Please be gentle, I am a newby!

Thanks in advance for all the help

Ken


----------



## Alcalaina (Aug 6, 2010)

Hi, welcome!

You don't have to advise the UK that you are moving, but after living in Spain for more than three months you are required to register as a resident from another EU country. This involves proving you have enough incime to support yourselves, and also private health insurance. You won't be able to use your EHIC for health cover, as this is for short-term visitors only. However if one or both of you is receiving a UK state pension, you can get free health cover under the S1 scheme (again, see FAQs).

When you register, you will be given a card or a certificate bearing your NIE (a tax ID number for foreigners). See the FAQs section for more information.

If you spend more than 183 days here in any calendar year, you are legally considered tax resident and have to make a declaration of your income from anywhere in the world. But that doesn't mean you'll pay tax twice on the same income.

Popping into Portugal for a week won't make any difference.

Of course, this may all change after Brexit ...


----------



## Lynn R (Feb 21, 2014)

If you intend to stay in Spain for longer than 90 days, you should register as foreign residents. Leaving the country (to Portugal, for example) for a short time can restart the clock on this, but after Brexit that may no longer be the case as third country citizens can only stay in Spain for 90 days in every 183 without obtaining a visa.

Registering as resident involves you providing proof of sufficient financial resources not to become a burden on the Spanish state (best to ask at the Extranjeria nearest to where you intend to settle as to what their exact requirements are as they can vary between different areas). If you are below retirement age you will also need to show proof of private health insurance (a policy with no co-payments), if either of you are in receipt of a UK state pension you can obtain an S1 form from the DWP which will entitle you to state healthcare in Spain paid for by the UK Government and this is acceptable for the purposes of registering as a resident. You will be allocated an NIE number as part of the process.

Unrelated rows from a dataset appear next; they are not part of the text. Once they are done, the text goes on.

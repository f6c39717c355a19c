//! The steps on words.
ghost use Rattle.std.specs.Prelude.{◌≡◌, ◌≢◌, ◌<◌, ℕ, List};
ghost use Rattle.ist_core.specs.RowLayout.{anchor_slot_place};
ghost use Rattle.ist_core.specs.declared.events.Event.{Event};
ghost use Rattle.ist_rule.specs.Faces.{word_count_of};
ghost use Rattle.ist_rule.specs.Learning.{Looked, LoggedAdd, Exchanged, ExchangedEitherWay, storing};
ghost use Rattle.ist_rule.specs.Conditions.{IsOwn, MayWalk, CanExchange, CanAdd, CanExchangeOrLose};
ghost use Rattle.ist_rule.specs.Several.{CanExchangeAll, ExchangedAll};

use crate::plays::{Looks, Stores};
use crate::table::{TreeTable, TreeToken};
use ist_layout::ANCHOR_SLOT_PLACE;
use std::marker::Brand;

/// Returns the word at the place at this step. The place isn't the anchor's slot.
pub fn load(table: &TreeTable, token: &mut TreeToken, place: u64) -> u64
    requires same_table { token.old.view.table ≡ table.now.table }
    requires within { place < word_count_of table.now }
    requires no_walk { place ≢ anchor_slot_place }
    ensures looked { Looked token.old.view place result token.new.view }
{
    // No event. The token's log takes in what others did up to here.
    table
        .table
        .shared
        .load::<Looks>(&mut token.seat, place as usize)
}

/// Returns the word in the anchor's slot at this step: a walk begins.
///
/// It is the first load since a search or a read was begun, which the view's `searches` counts. So no
/// walk begins uncounted.
pub fn load_top(table: &TreeTable, token: &mut TreeToken) -> u64
    requires same_table { token.old.view.table ≡ table.now.table }
    requires may_walk { MayWalk token.old.view }
    ensures looked { Looked token.old.view anchor_slot_place result token.new.view }
{
    // No event. Meets an install in the slot, and what a helper leaves there.
    table
        .table
        .shared
        .load::<Looks>(&mut token.seat, ANCHOR_SLOT_PLACE as usize)
}

/// Stores a word into a row that the token's caller holds.
pub fn store(table: &TreeTable, token: &mut TreeToken, place: u64, word: u64)
    requires same_table { token.old.view.table ≡ table.now.table }
    requires within { place < word_count_of table.now }
    requires own { IsOwn token.old.view place }
    ensures stored { token.new.view ≡ storing token.old.view place word }
{
    // No event. Meets no other's step: only the row's caller uses it.
    table
        .table
        .shared
        .store::<Stores>(&mut token.seat, place as usize, word)
}

/// Adds 1 to the word at the place and returns the word before, which the place shows before the
/// step. The step is the event that is named for that word: the last of the token's log.
pub fn add(table: &TreeTable, token: &mut TreeToken, place: u64) -> u64
    ghost event: { ℕ → Event }
    requires same_table { token.old.view.table ≡ table.now.table }
    requires within { place < word_count_of table.now }
    requires event { CanAdd token.old.view place event }
    ensures added { LoggedAdd token.old.view event place result token.new.view }
{
    // Enter, Count or Draw, as `event` says for the word found. Meets another's add at the place.
    table
        .table
        .shared
        .fetch_add::<Brand>(&mut token.seat, place as usize, 1)
}

/// Writes `new` if the word at the place is `old`, and returns the word that was found there.
///
/// If that was `old`, the step is the event that is named: the last of the token's log. Otherwise no
/// word changes, and the step is a load.
pub fn exchange(table: &TreeTable, token: &mut TreeToken, place: u64, old: u64, new: u64) -> u64
    ghost event: { Event }
    requires same_table { token.old.view.table ≡ table.now.table }
    requires within { place < word_count_of table.now }
    requires event { CanExchange token.old.view place old new event }
    ensures exchanged { Exchanged token.old.view event place old result token.new.view }
{
    // The step sees three words, and a Decide and a Mark may exchange the same words, so the caller
    // names the event. It is `event` if `old` is found, and otherwise none. Meets another's write of
    // the word.
    table
        .table
        .shared
        .compare_exchange::<Brand>(&mut token.seat, place as usize, old, new)
}

/// Writes `new` if the word at the place is `old`, and returns the word that was found there.
///
/// If that was `old`, the step is all the named events: they are the last of the token's log, in the
/// order of the list and with no other event between them. Otherwise no word changes, and the step is
/// a load.
pub fn exchange_all(table: &TreeTable, token: &mut TreeToken, place: u64, old: u64, new: u64) -> u64
    ghost events: { List Event }
    requires same_table { token.old.view.table ≡ table.now.table }
    requires within { place < word_count_of table.now }
    requires events { CanExchangeAll token.old.view place old new events }
    ensures exchanged { ExchangedAll token.old.view events place old result token.new.view }
{
    // All of `events` if `old` is found, and otherwise no event. Meets another's write of the word.
    table
        .table
        .shared
        .compare_exchange::<Brand>(&mut token.seat, place as usize, old, new)
}

/// Writes `new` if the word at the place is `old`, and returns the word that was found there.
///
/// If that was `old`, the step is the first of the named events: the last of the token's log.
/// Otherwise no word changes, and the step is the second: the loss of the rows that would have been
/// published.
pub fn exchange_or_lose(
    table: &TreeTable,
    token: &mut TreeToken,
    place: u64,
    old: u64,
    new: u64,
) -> u64
    ghost events: { Event × Event }
    requires same_table { token.old.view.table ≡ table.now.table }
    requires within { place < word_count_of table.now }
    requires events { CanExchangeOrLose token.old.view place old new events.0 events.1 }
    ensures exchanged { ExchangedEitherWay token.old.view events place old result token.new.view }
{
    // Root or Place if `old` is found, and otherwise Lose. Meets another's Root or Place.
    table
        .table
        .shared
        .compare_exchange::<Brand>(&mut token.seat, place as usize, old, new)
}
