ghost use Rattle.std.specs.Prelude.{◌≤◌};

mod make;

// How long a pump rests, in milliseconds: a day at most.
#[derive(Clone, Copy)]
pub struct RestTime {
    millis: u64,
    ghost within: { millis ≤ 86400000 },
}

Once you have been in Spain for 183 days then yes, you have to declare all your world wide income and pay tax on it. If you have assets outside in Spain which are worth more than €50k in any one asset class (eg property, cash in bank accounts, stocks and shares, etc) you must also submit a Modelo 720 declaration of overseas assets).

You certainly don't need to tell the British immigration authorities you have left.


----------



## xabiaxica (Jun 23, 2009)

Miascot said:


> My wife and I decided to leave the UK on October 12th to spend the winter in Spain (costa del sol) and Portugal.
> 
> We intended checking out potential places to settle and have spent a week in each of the following
> 
> ...


:welcome:

The requirement is that if you are here 90+ days then you register as resident - you'd be issued a NIE at that time. For that you have to prove sufficient funds/income & that you have healthcare provision.

If you spend more than 183 days in a tax year in Spain (Jan 1st to Dec 31st) you are required to make a tax return. There are other 'triggers' but that's the most likely.

The way the system works, is that if for instance, you were to spend 183 days in Spain in 2018, then you would submit a tax return in May/June 2019 for 2018. So if you're just here for this winter, you wouldn't need to submit one for 2018. 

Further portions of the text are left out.